● WHAT YOU ARE ASKED TO DO:
Please report how many lines in the records below contain "Prelude". Reply with the number alone.

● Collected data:
###

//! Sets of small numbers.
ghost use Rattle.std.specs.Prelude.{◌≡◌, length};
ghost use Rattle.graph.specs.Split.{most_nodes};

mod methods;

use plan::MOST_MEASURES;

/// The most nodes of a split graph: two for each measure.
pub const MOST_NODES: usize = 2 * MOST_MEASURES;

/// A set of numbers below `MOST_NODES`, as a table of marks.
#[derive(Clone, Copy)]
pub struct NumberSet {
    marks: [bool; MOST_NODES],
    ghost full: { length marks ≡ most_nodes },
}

###

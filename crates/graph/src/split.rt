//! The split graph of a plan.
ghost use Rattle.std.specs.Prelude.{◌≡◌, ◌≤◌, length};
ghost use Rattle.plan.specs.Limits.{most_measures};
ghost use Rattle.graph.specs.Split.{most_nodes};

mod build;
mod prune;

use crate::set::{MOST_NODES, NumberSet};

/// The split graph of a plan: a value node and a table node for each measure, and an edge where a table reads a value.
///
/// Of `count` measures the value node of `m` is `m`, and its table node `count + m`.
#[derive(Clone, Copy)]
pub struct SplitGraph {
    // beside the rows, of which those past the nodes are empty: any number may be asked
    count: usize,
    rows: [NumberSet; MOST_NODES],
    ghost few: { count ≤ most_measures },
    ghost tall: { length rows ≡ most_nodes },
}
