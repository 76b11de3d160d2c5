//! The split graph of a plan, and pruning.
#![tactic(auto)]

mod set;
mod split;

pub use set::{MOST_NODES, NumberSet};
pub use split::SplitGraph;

###

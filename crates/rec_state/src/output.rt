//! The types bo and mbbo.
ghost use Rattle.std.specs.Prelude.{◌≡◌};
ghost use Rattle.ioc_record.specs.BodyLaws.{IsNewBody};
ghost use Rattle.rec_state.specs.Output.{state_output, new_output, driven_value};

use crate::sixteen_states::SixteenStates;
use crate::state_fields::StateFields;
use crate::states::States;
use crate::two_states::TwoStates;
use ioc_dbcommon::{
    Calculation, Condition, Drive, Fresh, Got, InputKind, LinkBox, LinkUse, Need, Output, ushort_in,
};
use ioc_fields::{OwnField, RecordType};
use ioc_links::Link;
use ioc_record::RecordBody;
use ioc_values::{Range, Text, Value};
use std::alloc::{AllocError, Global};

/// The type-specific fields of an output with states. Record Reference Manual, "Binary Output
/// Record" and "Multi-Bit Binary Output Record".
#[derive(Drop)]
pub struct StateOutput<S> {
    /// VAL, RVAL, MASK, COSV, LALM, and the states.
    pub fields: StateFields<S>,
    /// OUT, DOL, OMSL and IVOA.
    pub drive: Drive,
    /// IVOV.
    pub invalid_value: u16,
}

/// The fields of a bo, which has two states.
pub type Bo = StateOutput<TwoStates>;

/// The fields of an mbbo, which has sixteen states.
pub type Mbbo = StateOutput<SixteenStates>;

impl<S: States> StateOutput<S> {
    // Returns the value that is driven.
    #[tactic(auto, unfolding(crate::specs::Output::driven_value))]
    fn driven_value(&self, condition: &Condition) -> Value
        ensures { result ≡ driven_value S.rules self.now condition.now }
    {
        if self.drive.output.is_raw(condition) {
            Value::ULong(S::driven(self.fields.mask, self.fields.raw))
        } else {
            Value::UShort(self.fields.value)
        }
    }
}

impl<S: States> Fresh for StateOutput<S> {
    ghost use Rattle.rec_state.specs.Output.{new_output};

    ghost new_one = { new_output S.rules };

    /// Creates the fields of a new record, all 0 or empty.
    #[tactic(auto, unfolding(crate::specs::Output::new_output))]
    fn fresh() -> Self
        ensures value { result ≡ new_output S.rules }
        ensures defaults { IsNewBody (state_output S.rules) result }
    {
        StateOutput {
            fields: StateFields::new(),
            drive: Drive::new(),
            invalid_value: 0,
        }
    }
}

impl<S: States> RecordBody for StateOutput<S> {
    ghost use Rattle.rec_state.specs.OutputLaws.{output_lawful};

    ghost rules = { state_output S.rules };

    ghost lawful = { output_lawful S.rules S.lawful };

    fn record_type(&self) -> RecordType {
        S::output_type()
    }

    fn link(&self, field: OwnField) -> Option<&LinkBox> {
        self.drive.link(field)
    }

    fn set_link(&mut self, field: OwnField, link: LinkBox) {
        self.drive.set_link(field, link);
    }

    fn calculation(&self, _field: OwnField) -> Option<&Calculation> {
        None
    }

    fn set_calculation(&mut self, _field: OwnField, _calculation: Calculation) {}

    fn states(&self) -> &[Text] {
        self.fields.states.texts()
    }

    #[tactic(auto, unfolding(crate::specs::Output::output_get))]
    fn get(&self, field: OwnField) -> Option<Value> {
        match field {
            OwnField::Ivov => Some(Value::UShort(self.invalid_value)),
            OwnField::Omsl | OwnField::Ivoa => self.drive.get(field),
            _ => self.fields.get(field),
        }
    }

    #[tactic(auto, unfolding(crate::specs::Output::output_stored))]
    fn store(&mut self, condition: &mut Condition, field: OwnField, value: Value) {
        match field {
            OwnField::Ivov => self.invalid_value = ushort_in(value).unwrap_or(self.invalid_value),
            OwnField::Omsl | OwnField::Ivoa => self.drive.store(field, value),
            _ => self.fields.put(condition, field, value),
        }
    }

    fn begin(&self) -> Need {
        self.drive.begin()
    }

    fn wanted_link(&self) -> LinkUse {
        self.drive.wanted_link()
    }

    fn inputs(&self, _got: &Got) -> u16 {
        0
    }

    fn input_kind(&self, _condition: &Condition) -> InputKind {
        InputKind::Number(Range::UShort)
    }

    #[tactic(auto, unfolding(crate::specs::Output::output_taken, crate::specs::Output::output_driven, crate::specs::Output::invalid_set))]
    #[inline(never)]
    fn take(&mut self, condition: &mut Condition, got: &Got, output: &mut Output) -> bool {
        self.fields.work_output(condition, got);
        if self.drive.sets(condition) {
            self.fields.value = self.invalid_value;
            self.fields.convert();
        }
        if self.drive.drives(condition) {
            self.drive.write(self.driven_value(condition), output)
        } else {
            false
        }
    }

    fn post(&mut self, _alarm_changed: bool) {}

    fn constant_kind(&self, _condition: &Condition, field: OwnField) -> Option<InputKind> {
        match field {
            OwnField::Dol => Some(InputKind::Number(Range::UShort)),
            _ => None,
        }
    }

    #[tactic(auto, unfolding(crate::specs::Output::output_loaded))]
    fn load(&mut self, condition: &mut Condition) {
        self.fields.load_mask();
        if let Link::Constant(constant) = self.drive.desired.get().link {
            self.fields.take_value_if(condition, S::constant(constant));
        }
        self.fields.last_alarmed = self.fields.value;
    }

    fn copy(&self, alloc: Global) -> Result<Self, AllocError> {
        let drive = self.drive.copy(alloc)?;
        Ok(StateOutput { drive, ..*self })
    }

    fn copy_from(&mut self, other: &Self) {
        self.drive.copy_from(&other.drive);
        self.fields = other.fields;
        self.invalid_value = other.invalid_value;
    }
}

###

● ANSWER SECTION:
3